The curious bystanders had moved down the street until prevented from going any further by a roiling cloud of dust and debris. He hurried through the crowd, wafting a hand before his face and trying not to choke. The problem was not a fire, he realised now, but something else entirely. An explosion, a collapsed building?
Added to the choking dust was a terrible chemical stench that had him gagging. The reek was sickly sweet and acrid at the same time, and became ever more overpowering the further he moved along the street. Fifty yards on he came to a great pile of rubble and, beyond, a gaping hole in the façade of a cavernous warehouse. The few bricks intact, on either side of the maw, were pink – and Alfie felt a terrible sense of hopelessness. He pulled out his bandana and covered his nose and mouth, more to stem the appalling stench than the choking dust that obscured the sunlight.
He made out stuffed animals scattered among the masonry – deer and bears and monkeys – and shattered glass jars that had contained pickled lizards, geckos and salamanders. Now the terrible smell was explained; he wondered if the spilled chemicals might have somehow brought about an explosion.
Across the street, on top of a wall, sat half a dozen runny-nosed street kids, giggling to themselves and obviously enjoying the show. He was about to pick his way through the scattered bricks and question them when he heard the sound of movement from within the collapsed warehouse. He turned and peered through the miasma of plaster and masonry dust. Fifty yards away, on the far side of the piled bricks and girders, he made out two dishevelled figures. They were picking their way through the ruins, clutching each other for support. As he watched, they stumbled over the debris and moved away up the street.
His heart leaped. One of the figures was grossly fat and garbed in the tattered remains of a surgeon’s gown. The other figure was thin and sported a bloody bandage tied around his head.
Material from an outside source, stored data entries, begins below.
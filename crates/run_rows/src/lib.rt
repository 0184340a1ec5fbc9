//! Programs with their plans and reports. Its tests run each program and compare its whole report.
#![tactic(auto)]

mod reported;
#[cfg(test)]
mod samples;
#[cfg(test)]
mod tests;

pub use reported::report;
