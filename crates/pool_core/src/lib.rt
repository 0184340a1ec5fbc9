//! A pool of memory blocks for one thread: superblocks, each with blocks of one class at a time, and for each a count.
#![tactic(auto)]

mod block;
mod laws;
mod plain_pool;
mod superblock;
mod superblock_set;
#[cfg(test)]
mod tests;
mod unit_places;
mod vacancies;

pub use block::Block;
pub use laws::{
    blocks_by_class, blocks_that_are_out, gives_or_has_no_room, one_is_given,
    superblocks_are_their_blocks,
};
pub use plain_pool::PlainPool;
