use crate::PlainPool;
use kt_words::Geometry;
use std::test::Fail;

#[test]
fn class_follows_the_last_block(rt: HostRuntime) -> Result<(), Fail> {
    let geometry = Geometry::new(2, 8).ok_or("no geometry")?;
    let mut pool = PlainPool::new(rt.alloc(), geometry)?;
    let first = pool.allocate(0).ok_or("no room")?;
    assert_eq!(rt; first.unit(), 0);
    pool.release(first);
    let pair = pool.allocate(1).ok_or("no room")?;
    assert_eq!(rt; (pair.unit(), pair.class()), (0, 1));
    assert_eq!(rt; pool.class(0), 1);
    assert_eq!(rt; pool.count(0), 1);
    assert_eq!(rt; pool.ever(0), 2);
    assert!(rt; pool.claimed(0, 0));
    assert!(rt; !pool.claimed(0, 1));
    assert_eq!(rt; pool.word(0).pack(), 2_162_689);
    let other = pool.allocate(0).ok_or("no room")?;
    assert_eq!(rt; other.unit(), 8);
    assert!(rt; pool.allocate(3).is_none());
    Ok(())
}

#[test]
fn full_in_its_class(rt: HostRuntime) -> Result<(), Fail> {
    let geometry = Geometry::new(1, 8).ok_or("no geometry")?;
    let mut pool = PlainPool::new(rt.alloc(), geometry)?;
    let all = pool.allocate(3).ok_or("no room")?;
    assert_eq!(rt; (all.unit(), all.class()), (0, 3));
    assert!(rt; pool.allocate(3).is_none());
    Ok(())
}

#[test]
fn the_first_with_room_gives(rt: HostRuntime) -> Result<(), Fail> {
    let geometry = Geometry::new(130, 8).ok_or("no geometry")?;
    let mut pool = PlainPool::new(rt.alloc(), geometry)?;
    for superblock in 0..130 {
        let whole = pool.allocate(3).ok_or("no room")?;
        assert_eq!(rt; whole.unit(), 8 * superblock);
        if superblock == 70 {
            pool.release(whole);
            let half = pool.allocate(2).ok_or("no room")?;
            assert_eq!(rt; half.unit(), 560);
        }
    }
    assert!(rt; pool.allocate(3).is_none());
    assert!(rt; pool.allocate(1).is_none());
    let half = pool.allocate(2).ok_or("no room")?;
    assert_eq!(rt; half.unit(), 564);
    pool.release(half);
    let again = pool.allocate(2).ok_or("no room")?;
    assert_eq!(rt; again.unit(), 564);
    assert!(rt; pool.allocate(2).is_none());
    Ok(())
}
Alfie drew his revolver and stumbled through the debris after them, grimacing and side-stepping the grisly remains of stuffed or pickled fauna. He pressed his bandana to his face as he made his way over the bricks and girders, the reek of formaldehyde threatening to overpower him. His progress was slow, but then so was that of the pair up ahead. They were obviously suffering the effects of being caught in the blast – physical injuries as well as nausea from the airborne chemicals – which Alfie reasoned should make his task of apprehending them a little easier.